What's the Stadium Courses's best hole that doesn't have an island green?

Garrity: The 18th because it's borderline iconic. It's not quite the 18th at Pebble Beach — it certainly isn't close — but I'd rank it with Kapalua, Bay Hill and Doral for strong closing holes. Water all down the left side; there's trouble at the green; and you're playing it after you just survived the trauma of the 17th hole.

Van Sickle: How about that shot Graeme McDowell hit in 2011? He missed right, playing it safe, and the ball kicked onto the green, ran all the way across and trickled into the lake.

Shipnuck: He got what he deserved.

Bamberger: Spoken like Pete Dye himself.

Anonymous Pro: My favorite is the 13th, a cool par-3 that is overlooked because everyone focuses on 16 through 18. You can make anything from 1 to 6 there. The green is crowned right in the middle and falls off left, right and toward the back. It typifies how the course demands great iron play more than anything else. Phil made a sweet 1 there; a lot of guys have come close; and we've seen Charley Hoffman's putter go into the lake. It's a cool hole, even if the green is a little unfair.

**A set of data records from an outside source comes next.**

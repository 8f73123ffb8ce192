//! What else is done to the cells of a state in parts that copies share: they are looked up, put together with those of
//! another state, killed, and take other values.
#![tactic(auto)]

pub mod about;
pub mod conditions;
pub mod equals;
pub mod kills;
pub mod places;
pub mod unions;
pub mod values;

Shipnuck: I like the 16th. It's the quintessential risk-reward hole. It often determines the winner. It's part of the lake amphitheater with 17, and it comes at a critical juncture in the round.

Van Sickle: I like the 3rd, another par-3. It's near the clubhouse; there's a hillside left where you can watch the action or, if you prefer, turn and study players pounding balls on the range. Anyone who misses the green has a demanding shot. It's a good place to see who's got short game and who doesn't.

Bamberger: I'll say the 18th because that means you're finally done playing this course.

Shipnuck: Are you saying that because you're bitter or burned out?

Bamberger: Yes. And because I made a 7 there once to lose 1 down.

Who's more likely to get to 18 majors, Tiger Woods or Steve Williams?

Van Sickle: Yes, I'm recycling this query from my Van Cynical Mailbag column.

Garrity: Steve will get far more opportunities than Tiger. He can lug some bozo's bag until he's 70 if he wants, and if the bozo is good enough, Stevie might win 20.

Bamberger: Williams told a reporter in New Zealand that Adam Scott will be his last bag, that he's planning to retire after the 2014 season.

Shipnuck: I don't see it happening. Stevie loves the action too much.